10% to 20% errors are pretty good, given that hand-tuned codes or variation on the machine can be 20% or 30%. So just another example of the way that using the multimodal data together helps us, one, take advantage of all of the simulations that we have done over a long period of time, as well as the long body of experimental data, and put it together in a space that actually makes physical sense. And then we can use it as a gauge for both how well we're improving the simulations themselves, predicting the space, but also the global AI model that we use to make these predictions. So it becomes a tool for us to measure how predictive we're getting and whether we're improving as a function of time. Let me just say that you're halfway through.
And we have also a question for you if you'd like to answer that right now. Yeah, I'd love to. So Ashgan was saying, was asking, what could be the reason or reasons for the neutron yield, the discrepancy between the experimental and predictive model? I think from a couple of slides ago. Yeah, that is the reason that we exist in the ICF modeling world. What's the difference between our simulations and our experiments? So we go back, and in the paper that supports this by Kelly Humbert, she goes back and she tears apart the physics reasoning for what's going on.
And without going into the details very explicitly, what we find is that these simulations, excuse me, these simulations are missing fundamental laser plasma interaction effects that change the shape of the implosion. And so if you go back and you capture that laser plasma interaction you can greatly improve the yield. And the transfer learning exercise here is implicitly learning that laser plasma interaction physics from the data rather than from adding the additional physics package. And so we've learned that there's some missing physics that has to be included. We suspected that in advance.

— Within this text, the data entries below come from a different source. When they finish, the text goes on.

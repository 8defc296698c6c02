//! What each class inherits: which field and method a name means in it, and which methods meet in it.

ghost use Rattle.std.specs.Prelude.{◌≡◌, ◌↔◌, ◌<◌, ◌+◌, ◌^◌, true, false, length, map, slice_get, Some, IfOk, IfSome};
ghost use Rattle.std.specs.List.{Contains};
ghost use Rattle.jesc_classes.specs.Headings.{graph_of};
ghost use Rattle.jesc_members.specs.Fields.{fields_of};
ghost use Rattle.jesc_lookup.specs.Lines.{AreExtras};
ghost use Rattle.jesc_members.specs.Meanings.{FieldFound, MethodFound};
ghost use Rattle.jesc_members.specs.Methods.{MethodOf, methods_of, is_final};
ghost use Rattle.jesc_lookup.specs.Numbering.{IsArranged};
ghost use Rattle.jesc_members.specs.Placed.{AreFew};
ghost use Rattle.jesc_members.specs.Overriding.{Differ, IsLikeAbove, IsOneHidden, IsOpen, IsPairAbove};
ghost use Rattle.jesc_members.specs.Seen.{seen_field, seen_method};
ghost use Rattle.jesc_members.specs.Summed.{DiffersFrom, HidesWith, IsSealed};

use crate::field_layers::FieldLayers;
use crate::fields::GivenField;
use crate::method_layers::MethodLayers;
use crate::methods::{GivenMethod, is_private, is_static};
use crate::signatures::is_same_signature;
use crate::summary::Summary;
use crate::summary_layers::SummaryLayers;
use jesc_classes::Classes;
use jesc_lookup::extras;
use jesc_text::{List, OutOfMemory};
use std::alloc::Global;
use std::marker::Model;

/// What is known of a method against those like it above its class.
#[derive(Drop, Clone, Copy)]
pub struct Overridden {
    /// Whether one has another signature.
    pub differs: bool,
    /// Whether one is there and it or the method itself is private or static.
    pub is_hidden: bool,
    /// Whether one is final.
    pub is_final: bool,
}

/// What the classes inherit. Contracts see the list of the given classes alone.
#[derive(Drop)]
pub struct Inheritance<'a> {
    classes: &'a Classes<'a>,
    fields: FieldLayers<'a>,
    methods: MethodLayers<'a>,
    summaries: SummaryLayers,
    declared: &'a [GivenMethod<'a>],
}

impl<'a> Model for Inheritance<'a> {
    ghost use Rattle.std.specs.Prelude.{List as Items};
    ghost use Rattle.jesc_classes.specs.Headings.{Source};
    ghost use Rattle.jesc_members.specs.Inherited.{IsInherited};
    ghost use Rattle.jesc_ast.specs.contracts.class.ClassTree as class_tree;
    ghost use Rattle.std.specs.Coded.{codes};

    ghost Value = { Items Source };

    ghost coded = { Prim.hlevel (codes, class_tree.the_row.coded) };

    ghost view = { λ i. i.classes.now };

    ghost invariant = { λ i. IsInherited i.classes.now i.fields i.methods i.summaries i.declared.now };
}

impl<'a> Inheritance<'a> {
    /// What these classes inherit. `graph` has the supertypes of each class, `order` the classes, each behind its
    /// supertypes, and `fields` and `methods` have what the classes declare.
    ///
    /// Answers `OutOfMemory` where there is no room for the tables. No walk here is exponential, and nothing is quadratic
    /// over a chain of classes.
    pub fn new(
        alloc: Global,
        classes: &'a Classes<'a>,
        graph: &[List<u32>],
        order: &[u32],
        fields: &'a [GivenField<'a>],
        methods: &'a [GivenMethod<'a>],
    ) -> Result<Inheritance<'a>, OutOfMemory>
        requires few { AreFew classes.now }
        requires graph { graph.now ≡ graph_of classes.now }
        requires order { IsArranged graph.now order.now }
        requires fields { map seen_field fields.now ≡ fields_of classes.now }
        requires methods { map seen_method methods.now ≡ methods_of classes.now }
        ensures { IfOk result (λ i. i ≡ classes.now) }
    {
        let extras = extras(alloc, graph, order)?;
        let fields = FieldLayers::new(alloc, graph, order, extras.as_slice(), fields)?;
        let layers = MethodLayers::new(alloc, graph, order, extras.as_slice(), methods)?;
        let keys = layers.key_of.as_slice();
        let rows = layers.rows.as_slice();
        let summaries = SummaryLayers::new(
            alloc,
            graph,
            order,
            extras.as_slice(),
            methods,
            keys,
            rows,
        )?;
        Ok(Inheritance {
            classes,
            fields,
            methods: layers,
            summaries,
            declared: methods,
        })
    }

    /// The number of the field that a name means in the class. Takes no memory.
    pub fn field(&self, class: u32, name: &[u8]) -> Option<u32>
        requires { class < length self.now + 7 }
        ensures { FieldFound self.now name.now class result }
    {
        self.fields.find(class, name)
    }

    /// The number of the method that a name and a number of parameters mean in the class. Takes no memory.
    pub fn method(&self, class: u32, name: &[u8], count: usize) -> Option<u32>
        requires { class < length self.now + 7 }
        ensures { MethodFound self.now name.now count class result }
    {
        self.methods.find(class, name, count)
    }

    /// Whether some name and number of parameters mean a method without a body in the class. Takes no memory.
    pub fn is_open(&self, class: u32) -> bool
        requires { class < length self.now + 7 }
        ensures { (result ≡ true) ↔ IsOpen self.now class }
    {
        self.methods.is_open(class)
    }

    /// Whether two types above the class declare like methods of different signatures. Takes no memory.
    pub fn has_differing(&self, class: u32) -> bool
        requires { class < length self.now + 7 }
        ensures { (result ≡ true) ↔ IsPairAbove self.now class Differ }
    {
        self.summaries.above[class as usize].differs
    }

    /// Whether two types above the class declare like methods, of which one is private or static. Takes no memory.
    pub fn has_hidden(&self, class: u32) -> bool
        requires { class < length self.now + 7 }
        ensures { (result ≡ true) ↔ IsPairAbove self.now class IsOneHidden }
    {
        self.summaries.above[class as usize].hides
    }

    /// How a method of a given class stands to those like it above its class. Takes no memory.
    pub fn overridden(&self, method: &GivenMethod<'_>) -> Overridden
        requires { Contains (methods_of self.now) (seen_method method.now) }
        ensures differs { (result.differs ≡ true) ↔ IsLikeAbove self.now (seen_method method.now) (Differ (seen_method method.now)) }
        ensures hidden { (result.is_hidden ≡ true) ↔ IsLikeAbove self.now (seen_method method.now) (IsOneHidden (seen_method method.now)) }
        ensures sealed { (result.is_final ≡ true) ↔ IsLikeAbove self.now (seen_method method.now) (λ b. is_final b.tree ≡ true) }
    {
        let key = self
            .methods
            .key(method.tree.name.text.as_slice(), method.tree.params.len());
        compared(
            self.declared,
            method,
            self.summaries.above(method.number, key),
        )
    }
}

/// How a method stands to others like it, of which that is known.
fn compared(
    methods: &[GivenMethod<'_>],
    method: &GivenMethod<'_>,
    above: Option<Summary>,
) -> Overridden
    requires { IfSome above (λ s. s.sample < length methods.now) }
    ensures differs { (result.differs ≡ true) ↔ DiffersFrom (map seen_method methods.now) (seen_method method.now) above }
    ensures hidden { (result.is_hidden ≡ true) ↔ HidesWith (seen_method method.now) above }
    ensures sealed { (result.is_final ≡ true) ↔ IsSealed above }
{
    match above {
        None => Overridden {
            differs: false,
            is_hidden: false,
            is_final: false,
        },
        Some(above) => Overridden {
            differs: is_unlike(methods, method, above),
            is_hidden: is_hidden_beside(method, above),
            is_final: above.sealed,
        },
    }
}

/// Whether one of these has another signature.
fn is_unlike(methods: &[GivenMethod<'_>], method: &GivenMethod<'_>, above: Summary) -> bool
    requires { above.sample < length methods.now }
    ensures { (result ≡ true) ↔ DiffersFrom (map seen_method methods.now) (seen_method method.now) (Some above) }
{
    if above.mixed {
        return true;
    }
    !is_same_signature(method.tree, methods[above.sample as usize].tree)
}

/// Whether the method or one of these is private or static.
fn is_hidden_beside(method: &GivenMethod<'_>, above: Summary) -> bool
    ensures { (result ≡ true) ↔ HidesWith (seen_method method.now) (Some above) }
{
    above.hides || is_private(method.tree) || is_static(method.tree)
}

It was not a complete surprise. But the surprise was that we could learn that physics from the data. And then we could go back and do simulations with it in place and then close the loop and find that reduces the discrepancy. So it's a nice example of being able to test and then failing to disprove a physics hypothesis, so that we essentially confirm it and can move forward. Was there something else or is that it? No, I think that's it for now. Thanks.
OK, variations on that theme. So doing that at NIF, here's another way to say the same thing that I was sharing with you earlier. On NIF experiments it's very important to implode the shell so that things stay spherical.
If you get a aspherical perturbations, that causes weak spots that allow pressure vents and allow the fusion products to leak out of the confining cold shell. And so these long wavelength perturbations, having this be shaped more like a pancake or more like a sausage, is really damaging to the implosion. And we characterize that by the Legendre decomposition of, say, a feature, a contour like the white contour here, and decompose that into those modes. If you look over here on the right at the NIF, our transfer learning tools have noticed that the prediction compared to the shape of the X-ray image, the second Legendre mode divided by its steady state average, roughly how pancake, how sausage shaped is it compared to how pancake shaped is it? The simulation alone if we do this without full physics turned on, which is too expensive, has really no clue what shape the implosion ought to be when we fired at the experimental facility.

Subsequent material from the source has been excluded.